=== Section Start ===
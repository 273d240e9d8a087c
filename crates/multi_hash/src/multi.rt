mod building;

ghost use Rattle.std.specs.Prelude.{◌≡◌, ◌+◌, ◌*◌, ◌/◌, ◌<◌, ◌≤◌, [], ◌++◌, length, nat_eq, position};
ghost use Rattle.std.specs.Prelude.{slice_index, slice_index_or, IfOk, OnOk, OnErr};
ghost use Rattle.bcodes.specs.Ranges.{load_limit, raised};
ghost use Rattle.bcodes.specs.Value.{Bare, Multi as MultiForm, empty_multi, weight};
ghost use Rattle.bcodes.specs.Answers.{best, looked, within};
ghost use Rattle.code_pool.specs.Lists.{IsPart};
ghost use Rattle.multi_hash.specs.Maps.{labels_at, looks, map_keys, positions_at};
ghost use Rattle.multi_hash.specs.Wide.{wide};

use crate::Wide;
use crate::compare::{offer_met, offer_met_below};
use crate::meet::meet;
use crate::place::place_all;
use crate::put::put_all;
use crate::room::store;
use crate::tables::{empty_tables, first_of_one_key, keep_first, key_counts, table};
use bcodes::{Addable, BinaryIndex, Codes, Dim, Hits, KeySettings, Ledger, Meter, Want};
pub use building::Building;
use code_pool::Pool;
use flat_index::Flat;
use hit_lists::{BestK, RangeHits};
use kernel_table::Prepared;
use key_buckets::KeyTable;
use std::alloc::Global;
use std::marker::Model;

/// An index of codes in buckets by several keys each, Faiss's `IndexBinaryMultiHash`
/// (`IndexBinaryHash.h`).
///
/// It has `nhash` maps. The key of a code under map `i` is the number of its bits `i * b` to
/// `i * b + b - 1`. A query compares the codes of each bucket of a map whose key differs from its
/// own in at most `nflip` bits. A code in several such buckets is read and compared once.
///
/// It is seen as a list of codes of `dim` bits, under their positions 0, 1, 2 and so on. The codes
/// stand in a `Flat` over the ledger `L`, and are read under the caller's meter alone. Buckets hold
/// positions. The index never exceeds the load limit.
#[derive(Drop)]
pub struct Multi<L: Ledger> {
    alloc: Global,
    storage: Flat<L>,
    b: u32,
    nflip: u32,
    maps: Vec<KeyTable>,
    // The number of keys of all maps. Their lists are the first of so many.
    keys: u32,
    // The positions of each bucket, as labels on its list.
    buckets: Pool<L>,
}

impl<L: Ledger> Model for Multi<L> {
    ghost use Rattle.std.specs.Prelude.{length};
    ghost use Rattle.bcodes.specs.Value.{MultiValue};
    ghost use Rattle.multi_hash.specs.Inside.{IsMulti};

    ghost Value = { MultiValue };

    ghost view = { λ m. record {
      dim = m.storage.dim;
      nhash = length m.maps.items;
      b = m.b;
      nflip = m.nflip;
      codes = m.storage.codes;
    } };

    ghost invariant = { λ m.
        IsMulti m.storage.dim m.b m.nflip m.keys m.storage.codes m.maps.items m.buckets };
}

impl<L: Ledger> Multi<L> {
    /// An index of codes of `dim` bits by `nhash` keys of `b` bits, without any code yet. `nflip`
    /// is 0.
    ///
    /// # Errors
    ///
    /// If memory runs out.
    pub fn new(alloc: Global, dim: Dim, nhash: u32, b: u32) -> Result<Multi<L>, Want>
        requires nhash_least { 1 ≤ nhash }
        requires nhash_most { nhash ≤ 1024 }
        requires b_least { 1 ≤ b }
        requires b_most { b ≤ 64 }
        requires within { nhash * b ≤ dim.bits }
        ensures { IfOk result (λ m. m ≡ empty_multi dim.bits nhash b) }
    {
        let storage = Flat::new(alloc, dim)?;
        let maps = empty_tables(alloc, nhash)?;
        Ok(Multi {
            alloc,
            storage,
            b,
            nflip: 0,
            maps,
            keys: 0,
            buckets: Pool::new(alloc, 0),
        })
    }

    /// An index of the codes of a Flat by `nhash` keys of `b` bits, with `nflip` 0. Nothing is
    /// promised of how far the meter rises.
    ///
    /// # Errors
    ///
    /// If memory runs out. The Flat is then gone.
    pub fn over(
        alloc: Global,
        flat: Flat<L>,
        nhash: u32,
        b: u32,
        meter: &mut Meter<L>,
    ) -> Result<Multi<L>, Want>
        requires nhash_least { 1 ≤ nhash }
        requires nhash_most { nhash ≤ 1024 }
        requires b_least { 1 ≤ b }
        requires b_most { b ≤ 64 }
        requires within { nhash * b ≤ flat.dim }
        requires load { weight flat.dim nhash (length flat.codes) 0 ≤ load_limit }
        ensures { IfOk result (λ m. m ≡ record {
          dim = flat.dim;
          nhash = nhash;
          b = b;
          nflip = 0;
          codes = flat.codes;
        }) }
    {
        let mut maps = empty_tables(alloc, nhash)?;
        let mut buckets = Pool::new(alloc, 0);
        let keys = place_all(alloc, &mut maps, &mut buckets, &flat, b, meter)?;
        Ok(Multi {
            alloc,
            storage: flat,
            b,
            nflip: 0,
            maps,
            keys,
            buckets,
        })
    }

    /// The number of maps.
    pub fn nhash(&self) -> u32
        ensures { result ≡ self.now.nhash }
    {
        self.maps.len() as u32
    }

    /// The number of bits of a key.
    pub fn b(&self) -> u32
        ensures { result ≡ self.now.b }
    {
        self.b
    }

    /// In how many bits the key of a bucket may differ from the query's key.
    pub fn nflip(&self) -> u32
        ensures { result ≡ self.now.nflip }
    {
        self.nflip
    }

    /// Sets `nflip` and leaves the codes.
    pub fn set_nflip(&mut self, n: u32)
        requires { n ≤ self.old.b }
        ensures { self.new ≡ record self.old { nflip = n } }
    {
        self.nflip = n;
    }

    /// The bytes of the code at position `p`, which is its inner label. The meter's `lent` rises by
    /// 1.
    pub fn code(&self, p: u64, meter: &mut Meter<L>) -> &[u8]
        requires { p < length self.now.codes }
        ensures code { result.now ≡ slice_index_or self.now.codes p [] }
        ensures lent { meter.new ≡ record meter.old { lent = raised meter.old.lent 1 } }
    {
        self.storage.code(p, meter)
    }

    /// The Flat in which the codes stand, each at its position.
    pub fn storage(&self) -> &Flat<L>
        ensures { result.now ≡ record { dim = self.now.dim; codes = self.now.codes } }
    {
        &self.storage
    }

    /// The number of buckets of a map: of distinct keys of the codes.
    pub fn buckets(&self, map: u32) -> usize
        requires { map < self.now.nhash }
        ensures { result ≡ length (map_keys self.now map) }
    {
        table(&self.maps, map as usize).len()
    }

    /// The key of bucket `i` of a map, in order of first appearance.
    pub fn bucket_key(&self, map: u32, i: usize) -> u64
        requires exists { map < self.now.nhash }
        requires within { i < length (map_keys self.now map) }
        ensures { result ≡ slice_index (map_keys self.now map) i }
    {
        table(&self.maps, map as usize).bucket(i).0
    }

    /// The number of positions in bucket `i` of a map, in order of first appearance.
    pub fn bucket_len(&self, map: u32, i: usize) -> usize
        requires exists { map < self.now.nhash }
        requires within { i < length (map_keys self.now map) }
        ensures { result ≡ length (positions_at self.now map i) }
    {
        self.buckets
            .len(table(&self.maps, map as usize).bucket(i).1)
    }

    /// Positions in bucket `i` of a map from place `from` on, ascending: at least one, which need
    /// not be all that are left. No code is read, so there is no meter.
    pub fn positions(&self, map: u32, i: usize, from: usize) -> &[i64]
        requires exists { map < self.now.nhash }
        requires bucket { i < length (map_keys self.now map) }
        requires within { from < length (positions_at self.now map i) }
        ensures { IsPart (labels_at self.now map i) from result.now }
    {
        self.buckets
            .labels(table(&self.maps, map as usize).bucket(i).1, from)
    }

    /// The number of the bucket of a map with this key, in order of first appearance, or `None`
    /// where there is no such bucket. The meter's `asked` rises by 1.
    pub fn find(&self, map: u32, key: u64, meter: &mut Meter<L>) -> Option<usize>
        requires { map < self.now.nhash }
        ensures place { result ≡ position (nat_eq key) (map_keys self.now map) }
        ensures asked { meter.new ≡ record meter.old { asked = raised meter.old.asked 1 } }
    {
        meter.raise_asked(1);
        table(&self.maps, map as usize).place(key)
    }

    /// The first map in which one bucket holds all codes, with their number. `None` where there is
    /// no such map, or where the number is no power of two.
    pub fn wide_bucket(&self) -> Option<Wide>
        ensures { result ≡ wide (Bare (MultiForm self.now)) }
    {
        let size = self.storage.count();
        if !size.is_power_of_two() {
            return None;
        }
        let map = first_of_one_key(&self.maps)?;
        Some(Wide { map, size })
    }

    // Appends codes. All growths come first, so that the pushes cannot fail.
    fn append(&mut self, codes: &Codes) -> Result<(), Want>
        requires same_dim { codes.now.dim ≡ self.old.dim }
        requires load { weight self.old.dim self.old.nhash
            (length self.old.codes + length codes.now.codes) 0 ≤ load_limit }
        ensures ok { OnOk result (self.new
            ≡ record self.old { codes = self.old.codes ++ codes.now.codes }) }
        ensures err { OnErr result (self.new ≡ self.old) }
    {
        let first = self.storage.count() as usize;
        let counts = key_counts(self.alloc, &self.maps)?;
        match store(
            self.alloc,
            &mut self.maps,
            &mut self.buckets,
            &mut self.storage,
            self.b,
            self.keys,
            codes,
        ) {
            Ok(room) => {
                let nhash = self.maps.len();
                put_all(&mut self.buckets, &room.lists, first, nhash, codes.len());
                self.keys = room.keys;
                Ok(())
            }
            Err(error) => {
                keep_first(&mut self.maps, &counts);
                Err(error)
            }
        }
    }
}

/// A MultiHash compares no centroids, so `fixed` is 0. A code at a distance below
/// `nhash * (nflip + 1)` differs from the query in at most `nflip` bits of some key, so that is the
/// bound. A MultiHash is trained from the start.
impl<L: Ledger> BinaryIndex for Multi<L> {
    type Led = L;

    ghost value = { λ m. Bare (MultiForm m) };

    fn dim(&self) -> Dim {
        self.storage.dim()
    }

    fn count(&self) -> u64 {
        self.storage.count()
    }

    fn trained(&self) -> bool {
        true
    }

    fn fixed(&self) -> u64 {
        0
    }

    fn bound(&self) -> u64 {
        self.maps.len() as u64 * (u64::from(self.nflip) + 1)
    }

    /// The `k` nearest of the codes in probed buckets, by distance and then by position. Each key
    /// or bucket that is looked at raises the meter's `asked` by 1: under each map each flipped
    /// key, or each bucket where there are fewer buckets.
    fn search(&self, alloc: Global, q: &[u8], k: u32, meter: &mut Meter<L>) -> Result<Hits, Want>
        requires size { length q.now ≡ self.now.dim / 8 }
        requires some { 1 ≤ k }
        ensures ok { IfOk result (λ hits. hits.items ≡ best (Bare (MultiForm self.now)) q.now k) }
        ensures lent { OnOk result (meter.new.lent
            ≡ raised meter.old.lent (looked (Bare (MultiForm self.now)) q.now)) }
        ensures lent_least { meter.old.lent ≤ meter.new.lent }
        ensures lent_most { meter.new.lent
            ≤ meter.old.lent + looked (Bare (MultiForm self.now)) q.now }
        ensures asked { OnOk result (meter.new.asked ≡ raised meter.old.asked (looks self.now)) }
        ensures asked_least { meter.old.asked ≤ meter.new.asked }
        ensures asked_most { meter.new.asked ≤ meter.old.asked + looks self.now }
    {
        let dim = self.storage.dim();
        let count = self.storage.count() as usize;
        let (b, nflip) = (self.b, self.nflip);
        let met = meet(alloc, &self.maps, &self.buckets, b, nflip, count, q, meter)?;
        let kernel = Prepared::new(dim, q);
        let mut best = BestK::new(alloc, dim, k, met.len() as u64)?;
        offer_met(&self.storage, &met, &mut best, &kernel, meter);
        Ok(best.into_hits())
    }

    /// The codes in probed buckets whose distance is strictly below `radius`, by distance and then
    /// by position. The meter's `asked` rises as in `search`.
    fn range(
        &self,
        alloc: Global,
        q: &[u8],
        radius: u32,
        meter: &mut Meter<L>,
    ) -> Result<Hits, Want>
        requires size { length q.now ≡ self.now.dim / 8 }
        ensures ok { IfOk result (λ hits. hits.items
            ≡ within (Bare (MultiForm self.now)) q.now radius) }
        ensures lent { OnOk result (meter.new.lent
            ≡ raised meter.old.lent (looked (Bare (MultiForm self.now)) q.now)) }
        ensures lent_least { meter.old.lent ≤ meter.new.lent }
        ensures lent_most { meter.new.lent
            ≤ meter.old.lent + looked (Bare (MultiForm self.now)) q.now }
        ensures asked { OnOk result (meter.new.asked ≡ raised meter.old.asked (looks self.now)) }
        ensures asked_least { meter.old.asked ≤ meter.new.asked }
        ensures asked_most { meter.new.asked ≤ meter.old.asked + looks self.now }
    {
        let dim = self.storage.dim();
        let count = self.storage.count() as usize;
        let (b, nflip) = (self.b, self.nflip);
        let met = meet(alloc, &self.maps, &self.buckets, b, nflip, count, q, meter)?;
        let kernel = Prepared::new(dim, q);
        let mut found = RangeHits::new(alloc);
        offer_met_below(&self.storage, &met, &mut found, radius, &kernel, meter)?;
        Ok(found.into_hits())
    }
}

/// A code's inner label is its position, so the caller chooses none. All growths of an add come
/// before its first push, and an add that runs out of memory takes its new keys out again.
impl<L: Ledger> Addable for Multi<L> {
    fn takes_ids(&self) -> bool {
        false
    }

    fn add_all(
        &mut self,
        labels: &[i64],
        codes: &Codes,
        _meter: &mut Meter<L>,
    ) -> Result<(), Want> {
        self.append(codes)?;
        Ok(())
    }
}

/// The setting of a plain MultiHash.
impl<L: Ledger> KeySettings for Multi<L> {
    fn set_nflip(&mut self, n: u32) {
        Multi::set_nflip(self, n);
    }
}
=== Section End ===
# Task brief:
Every line above that holds the string "record" should be returned.

# Exercise result:
    ghost view = { λ m. record {
        ensures { IfOk result (λ m. m ≡ record {
        ensures { self.new ≡ record self.old { nflip = n } }
        ensures lent { meter.new ≡ record meter.old { lent = raised meter.old.lent 1 } }
        ensures { result.now ≡ record { dim = self.now.dim; codes = self.now.codes } }
        ensures asked { meter.new ≡ record meter.old { asked = raised meter.old.asked 1 } }
            ≡ record self.old { codes = self.old.codes ++ codes.now.codes }) }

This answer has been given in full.